Collected data entries:
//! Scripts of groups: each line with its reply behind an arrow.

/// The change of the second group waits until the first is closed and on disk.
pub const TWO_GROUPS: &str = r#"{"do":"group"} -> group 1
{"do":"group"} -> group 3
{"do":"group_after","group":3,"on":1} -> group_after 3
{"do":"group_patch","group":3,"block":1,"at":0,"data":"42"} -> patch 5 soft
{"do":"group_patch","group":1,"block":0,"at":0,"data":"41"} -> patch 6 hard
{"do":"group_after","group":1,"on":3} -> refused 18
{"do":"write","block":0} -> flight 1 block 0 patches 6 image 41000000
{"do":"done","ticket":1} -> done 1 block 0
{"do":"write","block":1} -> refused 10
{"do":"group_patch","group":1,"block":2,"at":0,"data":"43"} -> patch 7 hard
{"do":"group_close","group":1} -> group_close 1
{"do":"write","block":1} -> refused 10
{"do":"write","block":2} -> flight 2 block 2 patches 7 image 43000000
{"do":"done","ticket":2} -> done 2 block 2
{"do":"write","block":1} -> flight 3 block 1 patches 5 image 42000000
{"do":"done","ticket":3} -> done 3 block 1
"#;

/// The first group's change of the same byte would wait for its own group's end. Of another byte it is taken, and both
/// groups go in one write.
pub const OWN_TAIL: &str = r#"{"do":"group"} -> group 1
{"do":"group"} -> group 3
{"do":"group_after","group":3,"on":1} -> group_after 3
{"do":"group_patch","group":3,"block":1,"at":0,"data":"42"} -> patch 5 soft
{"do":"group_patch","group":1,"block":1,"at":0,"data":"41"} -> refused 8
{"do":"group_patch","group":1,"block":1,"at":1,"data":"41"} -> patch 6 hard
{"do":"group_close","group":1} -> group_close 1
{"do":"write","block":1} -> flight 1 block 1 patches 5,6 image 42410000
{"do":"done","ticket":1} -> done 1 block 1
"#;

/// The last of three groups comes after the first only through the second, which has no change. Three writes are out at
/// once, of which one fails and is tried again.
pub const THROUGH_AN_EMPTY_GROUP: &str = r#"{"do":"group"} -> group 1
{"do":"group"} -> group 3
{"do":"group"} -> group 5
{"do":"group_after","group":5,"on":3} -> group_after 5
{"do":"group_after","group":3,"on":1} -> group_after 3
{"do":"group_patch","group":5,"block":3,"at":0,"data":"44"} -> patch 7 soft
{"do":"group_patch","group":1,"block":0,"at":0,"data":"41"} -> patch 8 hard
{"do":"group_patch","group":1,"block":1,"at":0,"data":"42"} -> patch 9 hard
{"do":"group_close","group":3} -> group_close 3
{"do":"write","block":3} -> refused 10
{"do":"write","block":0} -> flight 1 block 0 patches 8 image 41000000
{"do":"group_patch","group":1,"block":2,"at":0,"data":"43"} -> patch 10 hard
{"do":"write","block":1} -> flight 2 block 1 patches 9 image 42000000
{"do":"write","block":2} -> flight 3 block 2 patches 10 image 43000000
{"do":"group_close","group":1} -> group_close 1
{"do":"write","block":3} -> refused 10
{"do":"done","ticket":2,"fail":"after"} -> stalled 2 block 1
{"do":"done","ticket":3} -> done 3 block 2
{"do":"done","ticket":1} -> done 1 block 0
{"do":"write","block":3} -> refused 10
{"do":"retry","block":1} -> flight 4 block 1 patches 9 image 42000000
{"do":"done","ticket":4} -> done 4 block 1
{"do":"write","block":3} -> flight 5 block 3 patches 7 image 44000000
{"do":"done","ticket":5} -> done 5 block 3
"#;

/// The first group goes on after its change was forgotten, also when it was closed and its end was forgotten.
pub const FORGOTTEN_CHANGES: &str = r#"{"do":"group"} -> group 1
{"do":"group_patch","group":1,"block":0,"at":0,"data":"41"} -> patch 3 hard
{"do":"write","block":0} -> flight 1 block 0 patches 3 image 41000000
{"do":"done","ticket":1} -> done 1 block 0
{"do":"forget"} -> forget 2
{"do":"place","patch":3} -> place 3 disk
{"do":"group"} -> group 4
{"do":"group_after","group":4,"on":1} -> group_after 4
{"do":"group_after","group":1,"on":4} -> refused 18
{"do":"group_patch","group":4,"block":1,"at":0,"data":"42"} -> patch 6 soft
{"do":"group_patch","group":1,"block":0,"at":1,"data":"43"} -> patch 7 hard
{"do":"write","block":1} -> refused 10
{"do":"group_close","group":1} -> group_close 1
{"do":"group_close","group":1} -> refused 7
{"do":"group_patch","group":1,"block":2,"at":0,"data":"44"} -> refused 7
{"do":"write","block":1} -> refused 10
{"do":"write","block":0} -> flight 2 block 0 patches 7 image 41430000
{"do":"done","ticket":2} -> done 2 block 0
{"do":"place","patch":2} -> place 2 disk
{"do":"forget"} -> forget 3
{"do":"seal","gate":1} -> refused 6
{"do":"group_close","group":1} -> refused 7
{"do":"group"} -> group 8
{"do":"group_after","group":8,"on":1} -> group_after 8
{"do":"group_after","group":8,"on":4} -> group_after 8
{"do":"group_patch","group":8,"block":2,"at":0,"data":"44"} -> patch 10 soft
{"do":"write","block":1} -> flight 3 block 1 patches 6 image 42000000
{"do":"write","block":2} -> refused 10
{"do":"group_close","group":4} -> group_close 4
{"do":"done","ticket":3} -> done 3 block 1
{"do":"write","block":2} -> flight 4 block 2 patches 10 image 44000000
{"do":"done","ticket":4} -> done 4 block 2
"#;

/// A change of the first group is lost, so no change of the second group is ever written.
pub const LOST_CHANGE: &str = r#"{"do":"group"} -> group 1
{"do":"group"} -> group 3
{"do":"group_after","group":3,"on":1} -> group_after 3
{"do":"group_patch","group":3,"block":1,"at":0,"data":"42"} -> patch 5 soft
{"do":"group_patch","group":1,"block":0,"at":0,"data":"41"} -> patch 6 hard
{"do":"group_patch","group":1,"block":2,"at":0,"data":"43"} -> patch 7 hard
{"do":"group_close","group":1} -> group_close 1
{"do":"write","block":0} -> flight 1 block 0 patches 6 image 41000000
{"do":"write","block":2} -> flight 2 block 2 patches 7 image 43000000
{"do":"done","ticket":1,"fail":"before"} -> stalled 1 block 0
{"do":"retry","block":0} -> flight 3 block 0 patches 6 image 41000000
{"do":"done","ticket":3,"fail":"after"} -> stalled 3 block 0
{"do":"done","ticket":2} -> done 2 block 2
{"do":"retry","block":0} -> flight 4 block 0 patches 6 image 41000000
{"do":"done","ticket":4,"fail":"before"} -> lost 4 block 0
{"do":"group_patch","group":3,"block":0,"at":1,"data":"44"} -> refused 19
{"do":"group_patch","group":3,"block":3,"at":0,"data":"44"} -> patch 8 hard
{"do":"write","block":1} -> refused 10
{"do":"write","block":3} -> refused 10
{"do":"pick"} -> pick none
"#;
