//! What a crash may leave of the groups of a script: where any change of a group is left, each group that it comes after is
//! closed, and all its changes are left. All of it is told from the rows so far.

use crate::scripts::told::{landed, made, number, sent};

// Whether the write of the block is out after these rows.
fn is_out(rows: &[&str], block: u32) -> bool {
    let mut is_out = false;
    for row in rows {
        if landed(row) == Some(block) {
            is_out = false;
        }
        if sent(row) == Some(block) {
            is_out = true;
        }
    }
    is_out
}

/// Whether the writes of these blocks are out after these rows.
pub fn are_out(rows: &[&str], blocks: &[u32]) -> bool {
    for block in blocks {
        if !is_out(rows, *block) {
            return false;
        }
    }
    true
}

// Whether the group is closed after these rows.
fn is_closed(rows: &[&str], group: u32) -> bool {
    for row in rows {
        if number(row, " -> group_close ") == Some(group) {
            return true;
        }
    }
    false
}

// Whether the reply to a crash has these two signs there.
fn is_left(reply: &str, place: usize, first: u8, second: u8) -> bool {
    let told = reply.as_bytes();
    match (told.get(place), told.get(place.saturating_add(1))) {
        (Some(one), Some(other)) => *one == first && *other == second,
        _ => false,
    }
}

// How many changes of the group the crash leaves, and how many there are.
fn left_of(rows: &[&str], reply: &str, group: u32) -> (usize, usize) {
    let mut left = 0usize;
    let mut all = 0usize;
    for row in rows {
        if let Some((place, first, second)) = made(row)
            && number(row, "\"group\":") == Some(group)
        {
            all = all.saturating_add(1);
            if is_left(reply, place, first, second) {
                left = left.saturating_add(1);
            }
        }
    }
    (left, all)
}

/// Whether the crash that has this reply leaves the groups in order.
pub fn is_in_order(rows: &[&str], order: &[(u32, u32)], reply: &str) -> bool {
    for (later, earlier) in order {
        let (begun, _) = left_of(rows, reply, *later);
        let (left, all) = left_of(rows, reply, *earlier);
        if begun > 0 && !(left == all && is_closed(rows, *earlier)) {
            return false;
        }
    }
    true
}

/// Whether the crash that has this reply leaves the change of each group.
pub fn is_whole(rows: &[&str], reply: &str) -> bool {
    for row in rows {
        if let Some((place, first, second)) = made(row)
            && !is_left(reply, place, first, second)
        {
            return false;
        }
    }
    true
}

■ Task prompt ■
If a line in the records above has the word "before", copy it.

■ Response below ■
{"do":"done","ticket":1,"fail":"before"} -> stalled 1 block 0
{"do":"done","ticket":4,"fail":"before"} -> lost 4 block 0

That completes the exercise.